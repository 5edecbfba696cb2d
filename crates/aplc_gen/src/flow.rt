//! A function that is being written, with where its lines and branches lead.
//! It must not know the code of steps.

ghost use Rattle.std.specs.Prelude.{◌≡◌, ◌+◌, ◌≤◌, ◌<◌, ◌||◌, nat_eq, IfOk, OnOk, map, length, get_or, pos, unwrap_or};
ghost use Rattle.aplc_core.specs.PlainSteps.{term_of, effect_of};
ghost use Rattle.aplc_core.specs.CoreRuns.{steps_at};
ghost use Rattle.aplc_gen.specs.Layouts.{the_routine, frame_of};
ghost use Rattle.aplc_gen.specs.Emitted.{known_label, known_number, lead, lead_at, lead_of_line, lead_by, is_entry, first_line, lines_loop};
ghost use Rattle.aplc_gen.specs.Writing.{site_of, IsLineNumber};
ghost use Rattle.aplc_gen.specs.Flows.{lead_of, landing_of, AreLandings, HasBehind, landing_by, turned, step_turned, steps_turned, lines_turned, no_turns};
ghost use Rattle.aplc_names.specs.Eager.{line_named};
ghost use Rattle.aplc_names.specs.States.{is_among};

use crate::frame::{Frame, Layout};
use crate::known::Known;
use crate::lead::Lead;
use crate::site::Site;
use aplc_core::{CoreProgram, Step, Tree};
use aplc_names::Scope;
use std::alloc::{AllocError, Global};
use std::marker::Model;

/// The lines to which branches lead.
#[derive(Drop)]
struct Turns {
    lines: Known,
    computed: bool,
    loops: bool,
}

impl Model for Turns {
    ghost use Rattle.aplc_gen.specs.Flows.{Turns, turns_code};

    ghost Value = { Turns };

    ghost coded = { turns_code };

    ghost view = { λ t. record { lines = t.lines; computed = t.computed; loops = t.loops } };
}

/// A function of a program, and where its lines and branches lead.
#[derive(Drop)]
pub struct Flow<'a> {
    site: Site<'a>,
    landings: Vec<u32>,
    turns: Turns,
}

impl<'a> Model for Flow<'a> {
    ghost use Rattle.std.specs.Prelude.{◌≡◌};
    ghost use Rattle.aplc_gen.specs.Layouts.{the_routine};
    ghost use Rattle.aplc_gen.specs.Writing.{Spot, spot_code, site_of};
    ghost use Rattle.aplc_gen.specs.Flows.{AreLandings, lines_turned, no_turns};

    ghost Value = { Spot };

    ghost coded = { spot_code };

    ghost view = { λ f. f.site };

    ghost invariant = { λ f. AreLandings (the_routine (site_of f.site)) f.landings.items × (f.turns ≡ lines_turned (the_routine (site_of f.site)) (the_routine (site_of f.site)).steps no_turns) };
}

// ---- Landings

fn landing_at(landings: &[u32], line: usize) -> u32
    ensures { result ≡ get_or landings.now line 0 }
{
    match landings.get(line) {
        None => 0,
        Some(landing) => *landing,
    }
}

/// Where a line with these steps leads, from where the next one leads.
fn landing_by(steps: &[Step], line: u32, next: u32) -> u32
    ensures { result ≡ landing_by (map effect_of steps.now) line next }
{
    match steps {
        [] => next,
        _ => line,
    }
}

/// The landing of line number `index + 1`, where those behind it are in the table.
#[tactic(auto, using(crate::proofs::Turning::landings))]
fn put_landing(table: &mut Vec<u32>, site: &Site, index: usize)
    requires line { index < length (the_routine (site_of site.now)).steps }
    requires few { length (the_routine (site_of site.now)).steps ≤ 999 }
    requires long { length table.old.items ≡ length (the_routine (site_of site.now)).steps + 1 }
    requires behind { HasBehind (the_routine (site_of site.now)) table.old.items (index + 1) }
    ensures long { length table.new.items ≡ length table.old.items }
    ensures none { get_or table.new.items 0 0 ≡ get_or table.old.items 0 0 }
    ensures behind { HasBehind (the_routine (site_of site.now)) table.new.items index }
{
    let line = index + 1;
    let next = landing_at(table.as_slice(), line + 1);
    table[line] = landing_by(site.steps(line), line as u32, next);
}

/// Where each line leads: to itself, or to the next that has steps. Lines are counted from 1.
#[tactic(auto, using(crate::proofs::Tables::tables))]
fn landings(alloc: Global, site: &Site) -> Result<Vec<u32>, AllocError>
    ensures { IfOk result (λ v. AreLandings (the_routine (site_of site.now)) v.items) }
{
    let count = site.lines();
    let mut table = Vec::from_elem(alloc, 0, count + 1)?;
    for behind in 0..count {
        put_landing(&mut table, site, count - 1 - behind);
    }
    Ok(table)
}

// ---- Leads

fn lead_at(landing: u32) -> Lead
    ensures { lead_of result ≡ lead_at landing }
{
    if landing == 0 {
        Lead::Out
    } else {
        Lead::Line(landing)
    }
}

fn known_label(scope: Scope) -> Option<i64>
    ensures { result ≡ known_label scope }
{
    match scope {
        Scope::Label(line) => Some(line),
        _ => None,
    }
}

/// The number that a tree is known to have.
#[tactic(auto, using(aplc_core::proofs::TermForms::term_forms))]
fn known_number(site: &Site, tree: &Tree) -> Option<i64>
    ensures { result ≡ known_number (the_routine (site_of site.now)).header.scope (term_of tree.now) }
{
    match tree {
        Tree::Literal(_, _, numbers) => match numbers.as_slice() {
            [number] => Some(*number),
            _ => None,
        },
        Tree::Read(_, name) => known_label(site.scope(*name)),
        _ => None,
    }
}

/// The line that a number names.
#[tactic(auto, using(crate::proofs::Turning::named))]
fn line_named(number: i64) -> u64
    ensures { result ≡ line_named number }
{
    if number < 0 { 0 } else { number.unsigned_abs() }
}

/// Where the line of this number leads.
#[tactic(auto, using(crate::proofs::Turning::lead_there))]
fn lead_of_line(site: &Site, landings: &[u32], line: u64) -> Lead
    requires { AreLandings (the_routine (site_of site.now)) landings.now }
    ensures { lead_of result ≡ lead_of_line (the_routine (site_of site.now)) line }
{
    lead_at(landing_at(landings, line as usize))
}

/// Where a branch leads.
fn branch_lead(site: &Site, landings: &[u32], tree: &Tree) -> Lead
    requires { AreLandings (the_routine (site_of site.now)) landings.now }
    ensures { lead_of result ≡ lead (the_routine (site_of site.now)) (term_of tree.now) }
{
    match known_number(site, tree) {
        None => Lead::Computed,
        Some(number) => lead_of_line(site, landings, line_named(number)),
    }
}

// ---- Turns

impl Turns {
    fn new(alloc: Global) -> Turns
        ensures { result ≡ no_turns }
    {
        Turns {
            lines: Known::new(alloc),
            computed: false,
            loops: false,
        }
    }

    /// Whether a line has an arm: the first one, or one to which a branch leads.
    fn lead_to(&self, line: u32, first: bool) -> bool
        ensures { result ≡ (first || (self.now.computed || is_among line self.now.lines)) }
    {
        first || self.computed || self.lines.has(line)
    }

    /// One branch more.
    fn add(&mut self, lead: Lead) -> Result<(), AllocError>
        ensures { OnOk result (self.new ≡ turned (lead_of lead) self.old) }
    {
        match lead {
            Lead::Out => (),
            Lead::Line(line) => {
                self.lines.add(line)?;
                self.loops = true;
            }
            Lead::Computed => {
                self.computed = true;
                self.loops = true;
            }
        }
        Ok(())
    }

    fn add_step(&mut self, site: &Site, landings: &[u32], step: &Step) -> Result<(), AllocError>
        requires { AreLandings (the_routine (site_of site.now)) landings.now }
        ensures { OnOk result (self.new ≡ step_turned (the_routine (site_of site.now)) (effect_of step.now) self.old) }
    {
        match step {
            Step::Branch(tree) => self.add(branch_lead(site, landings, tree)),
            _ => Ok(()),
        }
    }

    fn add_steps(&mut self, site: &Site, landings: &[u32], steps: &[Step]) -> Result<(), AllocError>
        requires { AreLandings (the_routine (site_of site.now)) landings.now }
        ensures { OnOk result (self.new ≡ steps_turned (the_routine (site_of site.now)) (map effect_of steps.now) self.old) }
    {
        for step in steps {
            self.add_step(site, landings, step)?;
        }
        Ok(())
    }
}

/// The lines to which the branches of a function lead.
#[tactic(auto, using(crate::proofs::Turning::lines_left))]
fn all_turns(alloc: Global, site: &Site, landings: &[u32]) -> Result<Turns, AllocError>
    requires { AreLandings (the_routine (site_of site.now)) landings.now }
    ensures { IfOk result (λ t. t ≡ lines_turned (the_routine (site_of site.now)) (the_routine (site_of site.now)).steps no_turns) }
{
    let mut turns = Turns::new(alloc);
    for index in 0..site.lines() {
        turns.add_steps(site, landings, site.steps(index + 1))?;
    }
    Ok(turns)
}

impl<'a> Flow<'a> {
    /// The function of this number, which has its variables there.
    pub fn new(
        alloc: Global,
        core: &'a CoreProgram,
        layout: &'a Layout,
        frame: &'a Frame,
        number: usize,
        first: bool,
    ) -> Result<Flow<'a>, AllocError>
        requires frame { frame.now ≡ frame_of layout.now number }
        requires function { number < length core.now.program.functions }
        ensures { IfOk result (λ f. f ≡ record { core = core.now; layout = layout.now; number = number; first = first }) }
    {
        let site = Site::new(core, layout, frame, number, first);
        let landings = landings(alloc, &site)?;
        let turns = all_turns(alloc, &site, landings.as_slice())?;
        Ok(Flow {
            site,
            landings,
            turns,
        })
    }

    pub fn site(&self) -> &Site<'a>
        ensures { result.now ≡ self.now }
    {
        &self.site
    }

    /// Where a branch leads.
    pub fn lead(&self, tree: &Tree) -> Lead
        ensures { lead_of result ≡ lead (the_routine (site_of self.now)) (term_of tree.now) }
    {
        branch_lead(&self.site, self.landings.as_slice(), tree)
    }

    /// Where a line leads: to itself, or to the next that has steps.
    pub fn landing(&self, line: usize) -> u32
        ensures { result ≡ landing_of (the_routine (site_of self.now)) line }
    {
        landing_at(self.landings.as_slice(), line)
    }

    /// The lead to where a line leads.
    pub fn line_lead(&self, line: usize) -> Lead
        ensures { lead_of result ≡ lead_at (landing_of (the_routine (site_of self.now)) line) }
    {
        lead_at(self.landing(line))
    }

    /// Whether a line has an arm.
    #[tactic(auto, using(crate::proofs::Tables::entry_by))]
    pub fn is_entry(&self, line: usize) -> bool
        requires { line ≤ 1000 }
        ensures { result ≡ is_entry (the_routine (site_of self.now)) line }
    {
        let number = line as u32;
        self.turns.lead_to(number, number == self.landing(1))
    }

    /// Whether a branch leads to a line.
    #[tactic(auto, using(crate::proofs::Turning::loops_is))]
    pub fn loops(&self) -> bool
        ensures { result ≡ lines_loop (the_routine (site_of self.now)) (the_routine (site_of self.now)).steps }
    {
        self.turns.loops
    }
}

────

To do
Only one stretch of the entries above is wanted: the lines from the one containing "λ f. AreLandings" through the one containing "fn put_landing(table: &mut". Please reproduce it exactly.

Result for this exercise
    ghost invariant = { λ f. AreLandings (the_routine (site_of f.site)) f.landings.items × (f.turns ≡ lines_turned (the_routine (site_of f.site)) (the_routine (site_of f.site)).steps no_turns) };
}

// ---- Landings

fn landing_at(landings: &[u32], line: usize) -> u32
    ensures { result ≡ get_or landings.now line 0 }
{
    match landings.get(line) {
        None => 0,
        Some(landing) => *landing,
    }
}

/// Where a line with these steps leads, from where the next one leads.
fn landing_by(steps: &[Step], line: u32, next: u32) -> u32
    ensures { result ≡ landing_by (map effect_of steps.now) line next }
{
    match steps {
        [] => next,
        _ => line,
    }
}

/// The landing of line number `index + 1`, where those behind it are in the table.
#[tactic(auto, using(crate::proofs::Turning::landings))]
fn put_landing(table: &mut Vec<u32>, site: &Site, index: usize)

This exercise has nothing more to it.